Scan the listing for "IfOk" and copy out each line that has it.

*** Opening Supplied entries ***

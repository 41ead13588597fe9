//! What names, numbers and texts stand for.

ghost use Rattle.std.specs.Prelude.{◌≡◌, ◌≤◌, ◌-◌, ◌==◌, IfOk, IfSome, length, slice_range};
ghost use Rattle.query_tokens.specs.Bytes.{max_number};
ghost use Rattle.query_grammar.specs.Leaves.{name_text, name_of, inner_bytes, undoubled, text_content, number_of, number_by, decimal_value, value_or_zero};

use event_value::{Memory, Text};
use query_tokens::{Lexeme, MAX_DECIMALS, decimals_of, digits_len, millionths, value_from};
use query_tree::{Name, Number};
use std::alloc::Global;

/// The name that a token is.
pub fn name_of(alloc: Global, lexeme: &Lexeme<'_>) -> Result<Name, Memory>
    ensures { IfOk result (λ name. name ≡ name_of lexeme.now) }
{
    Ok(Name {
        place: lexeme.place(),
        text: Text::of(alloc, name_text(lexeme.bytes()))?,
    })
}

/// A name without its brackets.
#[tactic(auto, unfolding(query_grammar::specs::Leaves::name_text))]
fn name_text(bytes: &[u8]) -> &[u8]
    ensures { result.now ≡ name_text bytes.now }
{
    match bytes {
        [b'[', ..] => inner_bytes(bytes),
        _ => bytes,
    }
}

/// The bytes between the first and the last.
fn inner_bytes(bytes: &[u8]) -> &[u8]
    ensures { result.now ≡ inner_bytes bytes.now }
{
    match bytes {
        [_, inner @ .., _] => inner,
        _ => &[],
    }
}

/// A text without its quotes, two of them in a row once.
#[tactic(auto, unfolding(query_grammar::specs::Leaves::text_content))]
pub fn text_content(alloc: Global, bytes: &[u8]) -> Result<Text, Memory>
    ensures { IfOk result (λ text. text ≡ text_content bytes.now) }
{
    let mut text = Text::empty(alloc);
    let mut second = false;
    let mut rest = inner_bytes(bytes);
    'bytes: while let [byte, after @ ..] = rest {
        if second {
            second = false;
        } else {
            text.push(*byte)?;
            second = *byte == b'\'';
        }
        rest = after;
    }
    Ok(text)
}

/// The number that these bytes are.
#[tactic(auto, unfolding(query_grammar::specs::Leaves::number_of))]
pub fn number_of(bytes: &[u8]) -> Number
    ensures { result ≡ number_of bytes.now }
{
    let (whole, after) = bytes.split_at(digits_len(bytes));
    number_by(whole, decimals_of(after))
}

fn number_by(whole: &[u8], decimals: &[u8]) -> Number
    ensures { result ≡ number_by whole.now decimals.now }
{
    match decimals {
        [] => Number::Whole(value_or_zero(value_from(0, whole))),
        _ => Number::Decimal(value_or_zero(decimal_value(whole, decimals))),
    }
}

fn decimal_value(whole: &[u8], decimals: &[u8]) -> Option<u64>
    ensures value { result ≡ decimal_value whole.now decimals.now }
    ensures within { IfSome result (λ value. value ≤ max_number) }
{
    if decimals.len() <= MAX_DECIMALS {
        millionths(whole, decimals)
    } else {
        None
    }
}

fn value_or_zero(value: Option<u64>) -> i64
    requires { IfSome value (λ value. value ≤ max_number) }
    ensures { result ≡ value_or_zero value }
{
    match value {
        Some(value) => value as i64,
        None => 0,
    }
}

*** Closing Supplied entries ***

> _Solution to this problem_
ghost use Rattle.std.specs.Prelude.{◌≡◌, ◌≤◌, ◌-◌, ◌==◌, IfOk, IfSome, length, slice_range};
    ensures { IfOk result (λ name. name ≡ name_of lexeme.now) }
    ensures { IfOk result (λ text. text ≡ text_content bytes.now) }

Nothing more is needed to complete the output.